**Aim of the task**
Among the entries below, one stretch runs from the line that contains "Ok((place, parts))" through the line that contains "pub fn read_body(alloc: Global, body: &[u8])". Repeat that stretch exactly, ends included, and only that.

[Records drawn from a dataset]
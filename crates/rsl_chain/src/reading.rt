//! The bodies of entries.

ghost use Rattle.std.specs.Prelude.{◌≡◌, ◌==◌, ◌&&◌, Ok, length, IfOk, IfErr};
ghost use Rattle.rsl_chain.specs.Grammar.{may_end};
ghost use Rattle.rsl_chain.specs.Reading;
ghost use Rattle.rsl_chain.specs.Reading.{IsBadAs, IsReadTo, entry_as, entry_of, reading};

use crate::Entry;
use crate::entry_faults::EntryFault;
use crate::parts::{Parts, body_of, put};
use crate::places::{Place, Want};
use crate::rows::{may_end, step};
use git_object::{Kind, ObjectId, id_of};
use octets::Memory;
use std::alloc::Global;
use text_reader::split_line;

// Whether a body may end with these bytes behind its lines.
fn ends(want: Want, tail: &[u8]) -> bool
    ensures { result ≡ (may_end want && length tail.now == 0) }
{
    may_end(want) && tail.is_empty()
}

/// Reads a body line by line, and keeps its parts or not.
pub(crate) fn read_lines(
    alloc: Global,
    body: &[u8],
    keep: bool,
) -> Result<(Place, Parts), EntryFault>
    ensures read { IfOk result (λ found. IsReadTo (reading body.now) keep found.0 found.1) }
    ensures bad { IfErr result (IsBadAs (reading body.now)) }
{
    let mut place = Place {
        want: Want::Tree,
        parent: None,
        number: 0,
        ids: 0,
    };
    let mut parts = Parts::new(alloc);
    let mut rest = body;
    let mut number: u64 = 1;
    'lines: while let Some((line, more)) = split_line(rest) {
        let Some(next) = step(alloc, &place, line)? else {
            return Err(EntryFault::BadEntry { line: number });
        };
        put(&mut parts, keep, next.part, line)?;
        place = next.place;
        rest = more;
        number += 1;
    }
    if !ends(place.want, rest) {
        return Err(EntryFault::BadEntry { line: number });
    }
    Ok((place, parts))
}

// The entry of an id whose body was read.
fn entry_from(id: ObjectId, place: Place, parts: Parts) -> Entry
    ensures { result ≡ Reading.entry_from id (place, parts) }
{
    Entry {
        id,
        number: place.number,
        parent: place.parent,
        body: body_of(
            parts.name,
            parts.target,
            parts.ids,
            parts.skip,
            parts.message,
        ),
        signer: parts.signer,
        signature: parts.signature,
        signed: parts.signed,
    }
}

/// The entry of a body whose id is known.
pub(crate) fn read_as(alloc: Global, id: ObjectId, body: &[u8]) -> Result<Entry, EntryFault>
    ensures read { IfOk result (λ entry. entry_as id (reading body.now) ≡ Ok entry) }
    ensures bad { IfErr result (IsBadAs (reading body.now)) }
{
    let (place, parts) = read_lines(alloc, body, true)?;
    Ok(entry_from(id, place, parts))
}

/// The entry of a commit's body, by the grammar of log entries, with the id that the commit has. `BadEntry` names
/// the first line that is not as wanted, or one more than the number of lines where the body ends early.
pub fn read_body(alloc: Global, body: &[u8]) -> Result<Entry, EntryFault>
    ensures read { IfOk result (λ entry. entry_of body.now ≡ Ok entry) }
    ensures bad { IfErr result (IsBadAs (entry_of body.now)) }
{
    let (place, parts) = read_lines(alloc, body, true)?;
    Ok(entry_from(id_of(Kind::Commit, body), place, parts))
}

**Response to the task**
    Ok((place, parts))
}

// The entry of an id whose body was read.
fn entry_from(id: ObjectId, place: Place, parts: Parts) -> Entry
    ensures { result ≡ Reading.entry_from id (place, parts) }
{
    Entry {
        id,
        number: place.number,
        parent: place.parent,
        body: body_of(
            parts.name,
            parts.target,
            parts.ids,
            parts.skip,
            parts.message,
        ),
        signer: parts.signer,
        signature: parts.signature,
        signed: parts.signed,
    }
}

/// The entry of a body whose id is known.
pub(crate) fn read_as(alloc: Global, id: ObjectId, body: &[u8]) -> Result<Entry, EntryFault>
    ensures read { IfOk result (λ entry. entry_as id (reading body.now) ≡ Ok entry) }
    ensures bad { IfErr result (IsBadAs (reading body.now)) }
{
    let (place, parts) = read_lines(alloc, body, true)?;
    Ok(entry_from(id, place, parts))
}

/// The entry of a commit's body, by the grammar of log entries, with the id that the commit has. `BadEntry` names
/// the first line that is not as wanted, or one more than the number of lines where the body ends early.
pub fn read_body(alloc: Global, body: &[u8]) -> Result<Entry, EntryFault>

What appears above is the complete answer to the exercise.